В зале рассмеялись, захлопали, Адвокат нехотя вернулся на место, и представление пошло дальше.
Аккош всегда приберегают напоследок. Так было и в этот раз. Сидящие в первом ряду три пары и одна непарная нынче особенно волнуются. Утром дочка под большим секретом сказала матери: "Я сегодня новую песню буду петь. Боюсь до смерти". Гульгайша тайны не сохранила. Узнать что-то прежде других и знание это в себе удержать - ни одной женщине такое не под силу, секрет изнутри защекочет. "Дочка говорила, такое услышим, чего прежде никогда не слышали", - шепнула она сидевшей рядом Кумешбике. От Кумеш-бике весть перешла к Минзаде, от Минзады к Вралю...

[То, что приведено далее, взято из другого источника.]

use crate::rows::{CLIENT_SERVER_LOGGER, CLIENT_SERVER_LOGGER_REPORT};
use b1_edge::OpenGate;
use b1_io::{MemSink, MemSource};
use b1_shell::{quiet, top};
use std::alloc::{AllocError, Global};
use std::test::Fail;

// A script of one message to one peer, as numbers of four bytes each.
const ONE_MESSAGE: [u32; 42] = [
    0x31535542, 0x31524353, 1, 2, 0, 0, 1, 0, 168, 0, 0, 4096, 16, 4096, 16, 0, 1, 4096, 16, 4096,
    16, 0, 1, 0, 4, 0, 1, 0, 7, 0, 1, 0, 2, 0, 2, 0, 26984, 0, 1, 0, 8, 0,
];

const ONE_MESSAGE_REPORT: &str =
    "bus1 report 1\npeers 2\npeer 0 epoch 0 clock 2\nsend 0 to 2 with - data 6869 = sent 2 ok\npeer 1 epoch 0 clock 2\nrecv = data 2.0.0 node 4 slice 0 handles - bytes 6869\nend\n";

// The script's bytes, least byte of a number first.
fn script(alloc: Global) -> Result<Vec<u8>, AllocError> {
    let mut bytes = Vec::new(alloc);
    for number in ONE_MESSAGE {
        bytes.extend_from_slice(&number.to_le_bytes())?;
    }
    Ok(bytes)
}

// What playing the script gives on ends that move 64 bytes in a call: the status, and the sink behind it.
fn play(
    alloc: Global,
    read_fails: Vec<u64>,
    write_fails: Vec<u64>,
) -> Result<(u8, MemSink), AllocError> {
    let mut words = Vec::new(alloc);
    words.push(String::from_str(alloc, "play")?)?;
    let mut source = MemSource::make(script(alloc)?, 64, read_fails);
    let mut sink = MemSink::make(alloc, 4096, 64, write_fails)?;
    let status = quiet(alloc, &words, &mut source, &mut sink);
    Ok((status, sink))
}

#[test]
fn no_call_fails(rt: HostRuntime) -> Result<(), Fail> {
    let alloc = rt.alloc();
    let (status, sink) = play(alloc, Vec::new(alloc), Vec::new(alloc))?;
    assert_eq!(rt; status, 0);
    assert_eq!(rt; sink.taken(), ONE_MESSAGE_REPORT.as_bytes());
    Ok(())
}

#[test]
fn a_read_fails(rt: HostRuntime) -> Result<(), Fail> {
    let alloc = rt.alloc();
    let (status, sink) = play(alloc, [1].to_vec(alloc)?, Vec::new(alloc))?;
    assert_eq!(rt; status, 4);
    assert!(rt; sink.taken().is_empty());
    Ok(())
}

// What was taken before the write that fails.
#[test]
fn a_write_fails(rt: HostRuntime) -> Result<(), Fail> {
    let alloc = rt.alloc();
    for (fails, taken) in [(0u64, 0usize), (1, 64)] {
        let (status, sink) = play(alloc, Vec::new(alloc), [fails].to_vec(alloc)?)?;
        assert_eq!(rt; status, 5);
        assert_eq!(rt; sink.taken(), &ONE_MESSAGE_REPORT.as_bytes()[..taken]);
    }
    Ok(())
}

#[test]
fn no_words(rt: HostRuntime) -> Result<(), Fail> {
    let alloc = rt.alloc();
    let mut source = MemSource::make(Vec::new(alloc), 64, Vec::new(alloc));
    let mut sink = MemSink::make(alloc, 64, 64, Vec::new(alloc))?;
    let status = top(
        &rt,
        alloc,
        &Vec::new(alloc),
        &mut source,
        &mut sink,
        &OpenGate,
    );
    assert_eq!(rt; status, 1);
    assert_eq!(rt;
        sink.taken(),
        b"usage: bus1sh play|run|asm|dump|check|migrate|soak N\n".as_slice()
    );
    Ok(())
}

// What the word makes of the bytes on ends that move 64 bytes in a call: the status, and the sink behind it.
fn call(
    alloc: Global,
    word: &str,
    bytes: &[u8],
    read_fails: Vec<u64>,
    write_fails: Vec<u64>,
) -> Result<(u8, MemSink), AllocError> {
    let mut words = Vec::new(alloc);
    words.push(String::from_str(alloc, word)?)?;
    let mut source = MemSource::make(bytes.to_vec(alloc)?, 64, read_fails);
    let mut sink = MemSink::make(alloc, 4096, 64, write_fails)?;
    let status = quiet(alloc, &words, &mut source, &mut sink);
    Ok((status, sink))
}

// The script of the client, the server and the logger.
fn assembled(alloc: Global) -> Result<Vec<u8>, Fail> {
    let text = CLIENT_SERVER_LOGGER.as_bytes();
    let (status, sink) = call(alloc, "asm", text, Vec::new(alloc), Vec::new(alloc))?;
    if status != 0 {
        return Err("the text is refused")?;
    }
    Ok(sink.taken().to_vec(alloc)?)
}

// Each read fails in turn, the last of which finds the end; where none fails, the report is written.
#[test]
fn each_read_fails(rt: HostRuntime) -> Result<(), Fail> {
    let alloc = rt.alloc();
    let script = assembled(alloc)?;
    let reads = script.len().div_ceil(64) as u64 + 1;
    for number in 0..reads {
        let fails = [number].to_vec(alloc)?;
        let (status, sink) = call(alloc, "play", &script, fails, Vec::new(alloc))?;
        assert_eq!(rt; status, 4);
        assert!(rt; sink.taken().is_empty());
    }
    let (status, sink) = call(
        alloc,
        "play",
        &script,
        [reads].to_vec(alloc)?,
        Vec::new(alloc),
    )?;
    assert_eq!(rt; status, 0);
    assert_eq!(rt; sink.taken(), CLIENT_SERVER_LOGGER_REPORT.as_bytes());
    Ok(())
}

// Each write fails in turn, and what was taken before it is the begin of the report.
#[test]
fn each_write_fails(rt: HostRuntime) -> Result<(), Fail> {
    let alloc = rt.alloc();
    let script = assembled(alloc)?;
    let report = CLIENT_SERVER_LOGGER_REPORT.as_bytes();
    let writes = report.len().div_ceil(64);
    for number in 0..writes {
        let fails = [number as u64].to_vec(alloc)?;
        let (status, sink) = call(alloc, "play", &script, Vec::new(alloc), fails)?;
        assert_eq!(rt; status, 5);
        assert_eq!(rt; sink.taken(), &report[..number * 64]);
    }
    let fails = [writes as u64].to_vec(alloc)?;
    let (status, sink) = call(alloc, "play", &script, Vec::new(alloc), fails)?;
    assert_eq!(rt; status, 0);
    assert_eq!(rt; sink.taken(), report);
    Ok(())
}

Как раз в ту пору песня "Лебеди", родившаяся в Казани, долетела до наших краев. Кому спасибо - так это радио. Всегда рот широко раскрыт, тут тебе новости, тут тебе песни, ничего в себе не утаит. Вот и эту песню Аккош заучила по радио.

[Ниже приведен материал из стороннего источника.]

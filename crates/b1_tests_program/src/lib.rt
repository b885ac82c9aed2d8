//! Tests of the program on sources and sinks that fail, and on threads at gates, which the built program can't be given.
#![tactic(auto)]

#[cfg(test)]
mod failing;
#[cfg(test)]
mod rows;
#[cfg(test)]
mod threads;
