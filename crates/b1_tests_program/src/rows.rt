// The text of a script and the report of it: a client, a server and a logger, which pass a node on, answer over it, and
// end it.

pub const CLIENT_SERVER_LOGGER: &str = "bus1 script 1
clock 0
peer 0 4096 16 4096 16
peer 1 4096 16 4096 16
peer 2 4096 16 4096 16
wire 1 4 0
wire 2 4 0
wire 2 4 1
commands 0
send 0 to 2,6 with 4 data 676574
await
slice @0
await
await
release 2
destroy 4
commands 1
await
send 0 to @0.0 with - data 6f6b
release @0.0
slice @0
destroy 4
commands 2
await
release @0.0
slice @0
turns -
";

pub const CLIENT_SERVER_LOGGER_REPORT: &str = "bus1 report 1
peers 3
peer 0 epoch 0 clock 8
send 0 to 2,6 with 4 data 676574 = sent 2 ok,ok
recv = data 4.1.0 node 4 slice 0 handles - bytes 6f6b
slice 0 = ok
recv = destroyed 6.1.0 handle 2
recv = released 6 node 4
release 2 = ok
destroy 4 = destroyed 8
recv = destroyed 8.0.0 node 4
peer 1 epoch 0 clock 6
recv = data 2.0.0 node 4 slice 0 handles 6 bytes 676574
send 0 to 6 with - data 6f6b = sent 4 ok
release 6 = ok
slice 0 = ok
destroy 4 = destroyed 6
recv = destroyed 6.1.0 node 4
peer 2 epoch 0 clock 2
recv = data 2.0.1 node 4 slice 0 handles 2 bytes 676574
release 2 = ok
slice 0 = ok
end
";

Паренек с тонкими черными усиками, который вел концерт, громко, выкрикивая каждое слово по отдельности, на манер того артиста из Булака, что частенько бывает у нас, объявил:
- Аккош! Зулькарнаева!
В длинном, касавшемся кончиков туфель, белом платье, перекинув через плечо на грудь толстую льняную косу с вплетенным маминым серебряным сулпы*, легкой красивой походкой вышла Аккош на середину сцены. Может, само имя так приучило, она и маленькая была, вприпрыжку не бегала, шла тихо, ступала плавно. Не сорока-стрекотница же она, чтобы прыгать. Если кто из сорочиной породы - лебедем не поплывет.

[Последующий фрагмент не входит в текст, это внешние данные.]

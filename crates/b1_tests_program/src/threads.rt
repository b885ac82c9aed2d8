use b1_edge::{HoldGate, Point};
use b1_io::{MemSink, MemSource};
use b1_shell::{quiet, top};
use std::alloc::{AllocError, Global};
use std::sync::Wait;
use std::test::Fail;
use std::thread::Threads;

// How many turns a gate holds a thread at most. They last a few seconds.
const TURNS: u64 = 1_000_000_000;

// Two multicasts to two peers, in opposite orders.
const MULTICASTS: &str =
    "bus1 script 1\nclock 0\npeer 0 4096 16 4096 16\npeer 1 4096 16 4096 16\npeer 2 4096 16 4096 16\npeer 3 4096 16 4096 16\nwire 2 4 0\nwire 3 4 0\nwire 2 4 1\nwire 3 4 1\ncommands 0\nsend 0 to 2,6 with - data 61\ncommands 1\nsend 0 to 6,2 with - data 62\ncommands 2\ncommands 3\nturns -\n";

// Two messages, each to another peer.
const APART: &str =
    "bus1 script 1\nclock 0\npeer 0 4096 16 4096 16\npeer 1 4096 16 4096 16\npeer 2 4096 16 4096 16\npeer 3 4096 16 4096 16\nwire 2 4 0\nwire 3 4 1\ncommands 0\nsend 0 to 2 with - data 61\ncommands 1\nsend 0 to 2 with - data 62\ncommands 2\ncommands 3\nturns -\n";

// A list of these words.
fn words_of(alloc: Global, words: &[&str]) -> Result<Vec<String>, AllocError> {
    let mut list = Vec::new(alloc);
    for word in words {
        list.push(String::from_str(alloc, word)?)?;
    }
    Ok(list)
}

// The script of a text.
fn script_of(alloc: Global, text: &str) -> Result<Vec<u8>, AllocError> {
    let words = words_of(alloc, &["asm"])?;
    let mut source = MemSource::make(text.as_bytes().to_vec(alloc)?, 4096, Vec::new(alloc));
    let mut sink = MemSink::make(alloc, 4096, 4096, Vec::new(alloc))?;
    let _ = quiet(alloc, &words, &mut source, &mut sink);
    sink.taken().to_vec(alloc)
}

// The status of these words on threads, with this input and at this gate.
fn status_at<R: Threads + Wait + Sync>(
    rt: &R,
    alloc: Global,
    words: &[&str],
    input: Vec<u8>,
    gate: &HoldGate,
) -> Result<u8, AllocError> {
    let words = words_of(alloc, words)?;
    let mut source = MemSource::make(input, 4096, Vec::new(alloc));
    let mut sink = MemSink::make(alloc, 4096, 4096, Vec::new(alloc))?;
    Ok(top(rt, alloc, &words, &mut source, &mut sink, gate))
}

fn between(driver: u32, event: u32) -> Point {
    Point::Between { driver, event }
}

fn under(driver: u32, peer: u32) -> Point {
    Point::Under { driver, peer }
}

#[test]
fn drivers_are_between_events_at_once(rt: HostRuntime) -> Result<(), Fail> {
    let alloc = rt.alloc();
    let gate = HoldGate::make(between(0, 2), between(1, 2), TURNS);
    let status = status_at(&rt, alloc, &["run"], script_of(alloc, MULTICASTS)?, &gate)?;
    assert_eq!(rt; status, 0);
    assert!(rt; gate.met());
    assert!(rt; !gate.ran_out());
    Ok(())
}

#[test]
fn drivers_are_under_two_locks_at_once(rt: HostRuntime) -> Result<(), Fail> {
    let alloc = rt.alloc();
    let gate = HoldGate::make(under(0, 2), under(1, 3), TURNS);
    let status = status_at(&rt, alloc, &["run"], script_of(alloc, APART)?, &gate)?;
    assert_eq!(rt; status, 0);
    assert!(rt; gate.met());
    assert!(rt; !gate.ran_out());
    Ok(())
}

#[test]
fn a_soak_runs_its_drivers_beside_each_other(rt: HostRuntime) -> Result<(), Fail> {
    let alloc = rt.alloc();
    let gate = HoldGate::make(between(0, 1), between(1, 1), TURNS);
    let status = status_at(&rt, alloc, &["soak", "7"], Vec::new(alloc), &gate)?;
    assert_eq!(rt; status, 0);
    assert!(rt; gate.met());
    assert!(rt; !gate.ran_out());
    Ok(())
}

* Сулпы - накосница, лента с монетами.
Разом смолкли аплодисменты. Паренек с усиками обежал взглядом зал и выкрикнул снова:
- Новая! Песня! "Лебеди"!
Аккош кивнула джигиту с аккордеоном. Тот осторожно коснулся клавиш. Несмело встрепенулась мелодия, робко, смущаясь, опробовала крылья, но вот набрала высоту и полилась стремительным потоком; ручьи журчали в этом голосе, звенели водопады; из неведомых глубин поднимался таинственный гул нарождавшейся бури, и вновь - играла под солнцем веселая легкая рябь на широкой глади, и вдруг затихал весь мир, окутанный туманом светлой тоски; и радовалась песня, высоко взмывала, и рыдала, души знобя.
Здесь ваши гнезда, ваши звезды и дубравы...
Не улетайте, лебеди, куда вы?
Не улетайте, не растайте в облаках,
Не оставляйте душу в горе и слезах!
Минута прошла или жизнь миновала - плененные песней, люди так и не узнали. Только двое не могли забыться до конца. Перед глазами Гульгайши встала пойма Сатырлы, саднящим эхом отозвался в ушах истошный, перекрученный яростью вой. "От какого горя уберегла судьба..."
А Кашфулла вспомнил давнее летнее утро. Если бы тот пестрый сверточек на крыльце прежде него нашел какой-нибудь прохожий и принес к нему, принял бы он ту девочку сердцем? Когда бы уже перешла из рук в руки, может, и не принял. А так получилось, что его, только его ждала она на крыльце. Строгий нравом Зулькарнаев в предначертанность не верил. Но в то, что Аккош назначена была только им, не верил даже, а веровал всей душой. Вдруг его охватил страх: "А не будь Аккош, как бы я дальше жил? Чему радовался, в чем находил утешение? А если бы Аккош совсем не пришла на свет, откуда бы тогда явилась эта мелодия?" На белую рубашку, которую только сегодня надела на него Гульгайша, капнули слезы... и одна, и другая... но никто не увидел, никто ничего не заметил.
ВРАЛЬ ОБМАНУЛСЯ САМ
Хотя Кашфулла хмельного и в рот не брал, но в праздники, в гостевую и в свадебную пору веселых гуляний не чурался, не избегал, с хмельными людьми в тесном застолье от начала до конца сидел, в разговоры не лез, но в шутки-игры входил охотно.